I have the exact same problem. We have a house with a separate flat and my office is running from the flat. That is also clearly visible if you compare my bill with my previous residence. How exactly do they plan on making the calculation? I can't exactly ration my electricity for my office!

----------


## Dave A

I fully expect to be well below average both at home and at work. Maybe we'll be able to trade credits  :Wink:

----------


## SilverNodashi

man, this is going to hurt a lot of small / SME / home -based business, which are very common in our country. 

I'm already budgettting for some extra UPS's & `n nice big generator to go with that.

----------


## Dave A

Some details of the rationing proposal.



> The government would implement an electricity-rationing programme as a "quick-hit" solution to address the current power blackouts, said Sonjica.
> 
> "We have discussed how quotas will be allocated, who will be exempt from the programme, what incentives and penalties will be in place, when it will start and what legislative enablers we need to have in place for the programme to work," Sonjica said.
> 
> When this rationing programme would be implemented was not clear.
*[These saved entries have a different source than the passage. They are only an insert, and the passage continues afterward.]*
//! The members of the interpretation that a closure lists.
ghost use Rattle.certificate.specs.Writability.{IsListedOf, listed_numbers};
ghost use Rattle.certificate.specs.View.{listed_of};
ghost use Rattle.exactness.specs.ListedInterpretation.{IsConsistent};
ghost use Rattle.exactness.specs.Acceptance.{IsListedFor};
ghost use Rattle.std.specs.Prelude.{◌<◌, ◌^◌, All, IfOk, Some};

use crate::claims::own_claims;
use crate::class_rows::add_class_rows;
use crate::elements::Elements;
use crate::groups::groups_of;
use crate::individuals::individual_elements;
use crate::rows::pair_rows;
use axioms::Memory;
use certificate::Listed;
use engine::Closed;

/// The interpretation that the closure of a consistent ontology lists, with a claim for each satisfiable class.
///
/// # Errors
///
/// `Memory` where memory was refused.
pub fn listed(closed: &Closed<'_>) -> Result<Listed, Memory>
    requires consistent { IsConsistent closed.now.ontology closed.now.saturation.normal.asked }
    ensures listed { IfOk result (λ l. IsListedFor closed.now.ontology closed.now.saturation.normal.asked (listed_of l)) }
    // A certificate of it can be written.
    ensures text { IfOk result (λ l. IsListedOf closed.now.ontology (listed_of l)) }
    ensures numbers { IfOk result (λ l. All (λ n. n < 2 ^ 32) (listed_numbers (Some (listed_of l)))) }
{
    let ontology = closed.ontology();
    let alloc = closed.allocator();
    closed.well_formed();
    ontology.bounded();
    let groups = groups_of(closed);
    let elements = Elements::by(closed, groups)?;
    let mut classes = Vec::new(alloc);
    let facts = closed.facts();
    add_class_rows(closed, &elements, facts, &mut classes)?;
    let pairs = pair_rows(closed, &elements)?;
    let individuals = individual_elements(alloc, ontology, groups, &elements)?;
    let claims = own_claims(alloc, ontology, &elements)?;
    Ok(Listed {
        domain: elements.len(),
        classes,
        pairs,
        individuals,
        claims,
    })
}
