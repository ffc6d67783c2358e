//! Pairs of elements.
ghost use Rattle.countermodel.specs.Pairs.{ComesBefore};
ghost use Rattle.countermodel.specs.Ranges.{IsWithin};
ghost use Rattle.std.specs.Prelude.{◌↔◌, IsTrue};

use axioms::PropId;

/// Two elements, the second of which the property leads to from the first. Pairs are in order of their properties, those of one
/// property in order of their sources, and those of one source in order of their targets.
#[derive(Clone, Copy, PartialEq, Eq)]
pub(crate) struct Pair {
    pub property: PropId,
    pub source: u32,
    pub target: u32,
}

/// Whether the first comes before the second in the order of pairs.
pub(crate) fn comes_before(first: Pair, second: Pair) -> bool
    ensures { IsTrue result ↔ ComesBefore first second }
{
    if first.property != second.property {
        return first.property.0 < second.property.0;
    }
    if first.source != second.source {
        return first.source < second.source;
    }
    first.target < second.target
}

/// The pairs from one on, and before another where there is one, in the order of pairs.
#[derive(Clone, Copy, PartialEq, Eq)]
pub(crate) struct PairRange {
    pub from: Pair,
    pub end: Option<Pair>,
}

impl PairRange {
    /// Whether the pair is in the range.
    pub(crate) fn contains(&self, pair: Pair) -> bool
        ensures { IsTrue result ↔ IsWithin self.now pair }
    {
        if comes_before(pair, self.from) {
            return false;
        }
        match self.end {
            None => true,
            Some(end) => comes_before(pair, end),
        }
    }
}
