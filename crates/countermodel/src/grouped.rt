//! Pairs in rows.
ghost use Rattle.certificate.specs.View.{pair_row_of};
ghost use Rattle.countermodel.specs.Keys.{pair_at};
ghost use Rattle.countermodel.specs.LastRows.{AddsToLast, GroupsMore};
ghost use Rattle.countermodel.specs.Pairs.{row_with};
ghost use Rattle.std.specs.Prelude.{◌↔◌, ◌≡◌, ◌∷◌, [], IfOk, IsTrue, map};

use crate::keys::pair_with;
use crate::pair::Pair;
use crate::sink::RowSink;
use axioms::{Memory, PropId};
use certificate::{PairRow, Targets};
use std::alloc::Global;

/// Whether the row is of the pair's property and source.
fn is_of(row: &PairRow, pair: Pair) -> bool
    ensures { IsTrue result ↔ ((row.now.property.0 ≡ pair.property.0) × (row.now.source ≡ pair.source)) }
{
    row.property == pair.property && row.source == pair.source
}

/// A row of the pair alone.
fn row_of(pair: Pair) -> PairRow
    ensures { pair_row_of result ≡ row_with pair (pair.target ∷ []) }
{
    PairRow {
        property: pair.property,
        source: pair.source,
        targets: Targets::One(pair.target),
    }
}

/// The last row with the pair, where it is of its property and source. Else the sink takes the row, and the last is of the pair alone.
fn add_pair<S: RowSink<PairRow>>(
    alloc: Global,
    rows: &mut S,
    last: Option<PairRow>,
    pair: Pair,
) -> Result<PairRow, Memory>
    ensures { IfOk result (λ row. AddsToLast S.adds pair rows.old last rows.new row) }
{
    let Some(mut row) = last else {
        return Ok(row_of(pair));
    };
    if is_of(&row, pair) {
        row.targets.push(alloc, pair.target)?;
        return Ok(row);
    }
    rows.add(row)?;
    Ok(row_of(pair))
}

/// Adds the rows of the pairs of the property with these numbers, which are in order, to those of pairs that come before them, of which
/// the last is not in the sink yet: but the last one, which it gives.
pub(crate) fn add_grouped<S: RowSink<PairRow>>(
    alloc: Global,
    property: PropId,
    keys: &[u64],
    last: Option<PairRow>,
    rows: &mut S,
) -> Result<Option<PairRow>, Memory>
    ensures { IfOk result (GroupsMore S.adds (map (pair_at property.0) keys.now) rows.old last rows.new) }
{
    let mut last = last;
    for key in keys {
        let pair = pair_with(property, *key);
        last = Some(add_pair(alloc, rows, last, pair)?);
    }
    Ok(last)
}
Eskom CEO Jacob Maroga said it might take "weeks to months". 
> 
> A concept proposal on the rationing programme submitted to the Cabinet includes quota allocations for various electricity users, penalties and cut-offs, quota trading and flexibility of the programme.
> 
> It is designed to achieve the overall savings target of between 10% and 15% over time.
> ...


The same article also discusses alternative energy sources such as replacing incandescant light bulbs with CFLs, solar water heaters and switching to liquified petroleum gas.

However, I think this statement is going to be remembered for a while to come. Asked what to tell South Africans about the electricity crisis, Public Enterprises Minister Alec Erwin replied:



> Switch off your lights if you are not using them.


So as you leave the room or the country, please remember to switch off the lights.

----------